There are many factors in life that may make certain people more susceptible to developing substance abuse disorders, ranging from mental disorders to uncontrollable circumstances. One thing that particularly raises the likelihood of an individual developing alcoholism or drug addiction is the presence of anxiety disorders, such as PTSD, panic disorder, or social anxiety. Many people turn to substances in order to alleviate the strain of living with these disorders, only to find out that the uncomfortable feelings are exacerbated when they try to stop using drugs or alcohol. There are non-narcotic methods of coping with these disorders, and these need to be maximized in today’s psychiatric environment.

Anxiety is a commonly heard word in everyday conversation, but feeling anxious about a big or stressful event is a far cry from living with an anxiety disorder. Anxiety disorders can make normal social interactions overwhelming to the point of experiencing paranoia, panic attacks, and turning to isolation. It makes it extremely difficult for people to develop connections with employers, friends, family, and significant others.

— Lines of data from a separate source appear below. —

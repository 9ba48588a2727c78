//! The rows, read with a stack: a leaf is put on it, a join takes its halves from it and puts itself there, the bound takes
//! the family's whole region.

ghost use Rattle.std.specs.Prelude.{◌≡◌, ◌+◌, ◌&&◌, ◌∷◌, [], map, option_map, None, Some, true, false, IfOk, OnOk};
ghost use Rattle.table_model.specs.Address.{same_family, same_prefix};
ghost use Rattle.table_model.specs.Halves.{half_at};
ghost use Rattle.table_model.specs.Entries.{Entries};
ghost use Rattle.cert_model.specs.Rows.{leaf_row, join_row, bound_row, whole_prefix};
ghost use Rattle.cert_model.specs.Verdict.{all_get};
ghost use Rattle.fib_addr.specs.Views.{prefix_as, entry_as};
ghost use Rattle.cert_model.specs.Views.{row_as};
ghost use Rattle.moves_model.specs.Sets.{these};
ghost use Rattle.moves_model.specs.Demands.{demand_over, join_demand, change_bound, none_below};
ghost use Rattle.moves_model.specs.Verdict.{wrong_moves_row};
ghost use Rattle.moves_check.specs.Views.{no_moves_as, AreRowsOf, IsFamilyRow};
ghost use Rattle.moves_check.specs.Stack.{demand_as, demands_as, SameDemand, IsAsked, MovesRowRead, TakenOff, IsNumberOf, EndsWithBound};
ghost use Rattle.fib_moves.specs.Views.{allowed_as};
ghost use Rattle.fib_delta.specs.Views.{InPlace};

use crate::old::{hop_at, is_bare};
use crate::refusal::NoMoves;
use cert_check::{Run, holds};
use cert_model::Row;
use fib_addr::{Entry, Family, Hop, HopSet, Prefix};
use fib_moves::{AllowedHops, one_more_if, sum};
use std::alloc::{AllocError, Global};

/// A region on the stack, with the hops that it may inherit and how many changes it needs then.
#[derive(Drop)]
pub(crate) struct Demand {
    prefix: Prefix,
    hops: AllowedHops,
    k: u64,
}

/// The two regions that a join row puts together.
#[derive(Drop)]
struct Halves {
    low: Demand,
    high: Demand,
}

/// What the rows are read against.
#[derive(Drop)]
pub(crate) struct Against<'a> {
    pub(crate) family: Family,
    /// The old entries, in the order of prefixes.
    pub(crate) old: &'a [Entry],
    /// What addresses get from the routes.
    pub(crate) runs: &'a [Run],
}

/// How far the rows are read.
#[derive(Drop)]
pub(crate) struct Reading {
    pub(crate) stack: Vec<Demand>,
    /// The last leaf's place among the runs.
    pub(crate) place: usize,
    pub(crate) bound: Option<u64>,
}

/// What a region demands, from the hops that its own entry should have, or that it should inherit if it has none, and from the
/// number of changes strictly within it.
fn weigh(
    against: &Against<'_>,
    prefix: &Prefix,
    hops: AllowedHops,
    k: u64,
) -> Result<Demand, AllocError>
    requires { InPlace (map entry_as against.now.old.now) }
    ensures { IfOk result (λ i. demand_as i ≡ demand_over (map entry_as against.now.old.now)
        (prefix_as prefix.now) (allowed_as hops) k) }
{
    match hop_at(against.old, prefix) {
        None => Ok(Demand {
            prefix: *prefix,
            hops,
            k,
        }),
        Some(hop) => {
            let k = one_more_if(!hops.contains(hop), k)?;
            Ok(Demand {
                prefix: *prefix,
                hops: AllowedHops::Any,
                k,
            })
        }
    }
}

/// Puts a region on the stack.
fn push_demand(item: Demand, stack: &mut Vec<Demand>) -> Result<(), AllocError>
    ensures { OnOk result (demands_as stack.new.items ≡ demand_as item ∷ demands_as stack.old.items) }
{
    stack.push(item)?;
    Ok(())
}

/// Takes the top from the stack, if it isn't empty.
fn pop_demand(stack: &mut Vec<Demand>) -> Option<Demand>
    ensures { TakenOff (demands_as stack.old.items) (demands_as stack.new.items)
        (option_map demand_as result) }
{
    stack.pop()
}

/// Whether all addresses of the prefix get the hop, and no old entry stands strictly within it.
fn is_leaf(against: &Against<'_>, prefix: &Prefix, hop: Hop, place: &mut usize) -> bool
    requires old { InPlace (map entry_as against.now.old.now) }
    requires family { prefix.now.family ≡ against.now.family }
    ensures { (R T : Entries) → IsAsked against.now R T
        → result ≡ (all_get R (prefix_as prefix.now) hop.0 && none_below T (prefix_as prefix.now)) }
{
    if holds(against.runs, prefix, hop.0, place) {
        is_bare(against.old, prefix)
    } else {
        false
    }
}

/// Reads a leaf: what is wrong with it, if anything is.
fn read_leaf(
    against: &Against<'_>,
    prefix: &Prefix,
    hop: Hop,
    row: u64,
    stack: &mut Vec<Demand>,
    place: &mut usize,
) -> Result<Option<NoMoves>, AllocError>
    requires old { InPlace (map entry_as against.now.old.now) }
    requires family { prefix.now.family ≡ against.now.family }
    ensures { IfOk result (λ no. (R T : Entries) → IsAsked against.now R T → MovesRowRead R T
        against.now.family (leaf_row (prefix_as prefix.now) hop.0) row None
        (demands_as stack.old.items) None (demands_as stack.new.items) (option_map no_moves_as no)) }
{
    if !is_leaf(against, prefix, hop, place) {
        return Ok(Some(NoMoves::LeafWrong { row }));
    }
    let item = weigh(against, prefix, AllowedHops::These(HopSet::one(hop.0)), 0)?;
    push_demand(item, stack)?;
    Ok(None)
}

/// Whether two prefixes are one.
#[tactic(auto, using(cert_check::proofs::Later::prefix_same))]
pub(crate) fn is_same(p: &Prefix, q: &Prefix) -> bool
    ensures { result ≡ same_prefix (prefix_as p.now) (prefix_as q.now) }
{
    p.cmp(q).is_eq()
}

/// Whether these prefixes are the halves of this one, which has some if it isn't a single address.
fn have_halves(prefix: &Prefix, low: &Prefix, high: &Prefix) -> bool
    ensures { result ≡ (same_prefix (prefix_as low.now) (half_at false (prefix_as prefix.now))
        && same_prefix (prefix_as high.now) (half_at true (prefix_as prefix.now))) }
{
    if prefix.len == prefix.family.width() {
        return false;
    }
    is_same(low, &prefix.half(false)) && is_same(high, &prefix.half(true))
}

/// What the region of a join demands.
fn joint_demand(
    alloc: Global,
    against: &Against<'_>,
    prefix: &Prefix,
    halves: Halves,
) -> Result<Demand, AllocError>
    requires { InPlace (map entry_as against.now.old.now) }
    ensures { IfOk result (λ i. SameDemand (demand_as i) (join_demand (map entry_as against.now.old.now)
        (prefix_as prefix.now) (demand_as halves.low) (demand_as halves.high))) }
{
    let low = halves.low;
    let high = halves.high;
    let joined = AllowedHops::joint(alloc, low.hops, high.hops)?;
    let k = sum(low.k, high.k)?;
    let k = one_more_if(joined.apart, k)?;
    weigh(against, prefix, joined.hops, k)
}

/// Reads a join whose halves were taken from the stack.
fn read_halves(
    alloc: Global,
    against: &Against<'_>,
    prefix: &Prefix,
    said: u64,
    row: u64,
    halves: Halves,
    stack: &mut Vec<Demand>,
) -> Result<Option<NoMoves>, AllocError>
    requires { InPlace (map entry_as against.now.old.now) }
    ensures { IfOk result (λ no. (R T : Entries) → IsAsked against.now R T → MovesRowRead R T
        against.now.family (join_row (prefix_as prefix.now) said) row None
        (demand_as halves.high ∷ demand_as halves.low ∷ demands_as stack.old.items) None (demands_as stack.new.items)
        (option_map no_moves_as no)) }
{
    if !have_halves(prefix, &halves.low.prefix, &halves.high.prefix) {
        return Ok(Some(NoMoves::Shape { row }));
    }
    let item = joint_demand(alloc, against, prefix, halves)?;
    if said != item.k {
        return Ok(Some(NoMoves::JoinWrong {
            row,
            said,
            due: item.k,
        }));
    }
    push_demand(item, stack)?;
    Ok(None)
}

/// Reads a join, whose halves stand on the stack, the upper one on top.
fn read_join(
    alloc: Global,
    against: &Against<'_>,
    prefix: &Prefix,
    said: u64,
    row: u64,
    stack: &mut Vec<Demand>,
) -> Result<Option<NoMoves>, AllocError>
    requires { InPlace (map entry_as against.now.old.now) }
    ensures { IfOk result (λ no. (R T : Entries) → IsAsked against.now R T → MovesRowRead R T
        against.now.family (join_row (prefix_as prefix.now) said) row None
        (demands_as stack.old.items) None (demands_as stack.new.items) (option_map no_moves_as no)) }
{
    match pop_demand(stack) {
        None => Ok(Some(NoMoves::Shape { row })),
        Some(high) => match pop_demand(stack) {
            None => Ok(Some(NoMoves::Shape { row })),
            Some(low) => {
                let halves = Halves { low, high };
                read_halves(alloc, against, prefix, said, row, halves, stack)
            }
        },
    }
}

/// Whether the item is the whole space of the family, and the bound is of this family.
fn is_whole(item: &Demand, of: Family, family: Family) -> bool
    ensures { result ≡ (same_family of family && same_prefix (demand_as item.now).prefix
        (whole_prefix family)) }
{
    of == family && is_same(&item.prefix, &Prefix::whole(family))
}

/// How many changes the whole space needs, which inherits no hop.
fn bound_of(item: &Demand) -> Result<u64, AllocError>
    ensures { IfOk result (λ n. n ≡ change_bound (demand_as item.now).hops (demand_as item.now).k) }
{
    one_more_if(!item.hops.contains(Hop::NONE.0), item.k)
}

/// Reads the bound, if the item stood alone on the stack.
fn read_whole(
    family: Family,
    of: Family,
    said: u64,
    row: u64,
    item: &Demand,
    bound: &mut Option<u64>,
) -> Result<Option<NoMoves>, AllocError>
    requires { bound.old ≡ None }
    ensures read { IfOk result (λ no. (R T : Entries) → MovesRowRead R T family (bound_row of said) row None
        (demand_as item.now ∷ []) bound.new [] (option_map no_moves_as no)) }
    ensures of { IsNumberOf (bound_row of said) bound.new }
{
    if !is_whole(item, of, family) {
        return Ok(Some(NoMoves::Shape { row }));
    }
    let due = bound_of(item)?;
    if said != due {
        return Ok(Some(NoMoves::JoinWrong { row, said, due }));
    }
    *bound = Some(said);
    Ok(None)
}

/// Reads a bound: what is wrong with it, if anything is.
fn read_bound(
    family: Family,
    of: Family,
    said: u64,
    row: u64,
    stack: &mut Vec<Demand>,
    bound: &mut Option<u64>,
) -> Result<Option<NoMoves>, AllocError>
    requires { bound.old ≡ None }
    ensures read { IfOk result (λ no. (R T : Entries) → MovesRowRead R T family (bound_row of said) row None
        (demands_as stack.old.items) bound.new (demands_as stack.new.items) (option_map no_moves_as no)) }
    ensures of { IsNumberOf (bound_row of said) bound.new }
{
    match pop_demand(stack) {
        None => Ok(Some(NoMoves::Shape { row })),
        Some(item) => match pop_demand(stack) {
            Some(_) => Ok(Some(NoMoves::Shape { row })),
            None => read_whole(family, of, said, row, &item, bound),
        },
    }
}

/// Reads a row: what is wrong with it, if anything is.
fn read_row(
    alloc: Global,
    against: &Against<'_>,
    row: &Row,
    number: u64,
    reading: &mut Reading,
) -> Result<Option<NoMoves>, AllocError>
    requires old { InPlace (map entry_as against.now.old.now) }
    requires family { IsFamilyRow against.now.family (row_as row.now) }
    requires before { reading.old.bound ≡ None }
    ensures read { IfOk result (λ no. (R T : Entries) → IsAsked against.now R T → MovesRowRead R T
        against.now.family (row_as row.now) number None (demands_as reading.old.stack.items)
        reading.new.bound (demands_as reading.new.stack.items) (option_map no_moves_as no)) }
    ensures of { IsNumberOf (row_as row.now) reading.new.bound }
{
    match row {
        Row::Leaf(prefix, hop) => read_leaf(
            against,
            prefix,
            *hop,
            number,
            &mut reading.stack,
            &mut reading.place,
        ),
        Row::Join(prefix, k) => read_join(alloc, against, prefix, *k, number, &mut reading.stack),
        Row::Bound(of, bound) => read_bound(
            against.family,
            *of,
            *bound,
            number,
            &mut reading.stack,
            &mut reading.bound,
        ),
    }
}

/// Reads the rows to the first wrong one, or to their end, which the bound must be.
pub(crate) fn read_rows(
    alloc: Global,
    against: &Against<'_>,
    rows: &[Row],
    reading: &mut Reading,
) -> Result<Option<NoMoves>, AllocError>
    requires old { InPlace (map entry_as against.now.old.now) }
    requires family { AreRowsOf against.now.family (map row_as rows.now) }
    requires empty { demands_as reading.old.stack.items ≡ [] }
    requires before { reading.old.bound ≡ None }
    ensures read { IfOk result (λ no. (R T : Entries) → IsAsked against.now R T → option_map no_moves_as no
        ≡ wrong_moves_row R T against.now.family (map row_as rows.now) [] 1) }
    ensures told { IfOk result (λ no. no ≡ None → EndsWithBound (map row_as rows.now) reading.new.bound) }
{
    for i in 0..rows.len() {
        if reading.bound.is_some() {
            return Ok(Some(NoMoves::Shape { row: i as u64 + 1 }));
        }
        if let Some(no) = read_row(alloc, against, &rows[i], i as u64 + 1, reading)? {
            return Ok(Some(no));
        }
    }
    match reading.bound {
        Some(_) => Ok(None),
        None => Ok(Some(NoMoves::Shape {
            row: rows.len() as u64 + 1,
        })),
    }
}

Unsurprisingly, as these symptoms are uncomfortable and inhibiting, many people who suffer from anxiety disorders turn to alcohol and drugs in order to relieve themselves of some of the stress that they experience on a daily basis. In fact, not only are people with anxiety disorders 2-3 times more likely to develop substance abuse disorders in their lives, they are also more likely to engage in substance abuse earlier in life.

For many living with these disorders, intoxication is a preferable way of life to the constant discomfort, and many who use substances seem to be able to break down their walls, feel connected, and find relaxation…but only until the drugs wear off, leaving them in the same space of isolation and misery that they were trying to escape. Unfortunately, this mentality often leads to an addictive cycle of using a drink or a pill to escape from a personal reality.

Therefore, it is important that professionals recognize the importance of using non-addictive substances for those who suffer from these mental conditions and become more proficient at treating dual-diagnosis patients. That is not to say that medication isn’t necessary sometimes; only that professionals need to exercise more caution when prescribing drugs to patients with anxiety disorders, given the likelihood of their patients developing addictions.

Many doctors prescribe benzodiazepines like candy to those suffering from anxiety disorders, instead of using non-narcotic methods and combinations, such as cognitive behavioral therapy and SSRIs. While the med option provides immediate relief at first, it can easily spiral into an addiction, leaving the suffering person in an even deeper pit. After all, the anxiety that they were trying to fix will only become worse with withdrawals from prescription medications and other drugs. If professionals focus more on alternative methods of treating anxiety disorders, they will be enabling people to manage their symptoms in a healthy and effective manner.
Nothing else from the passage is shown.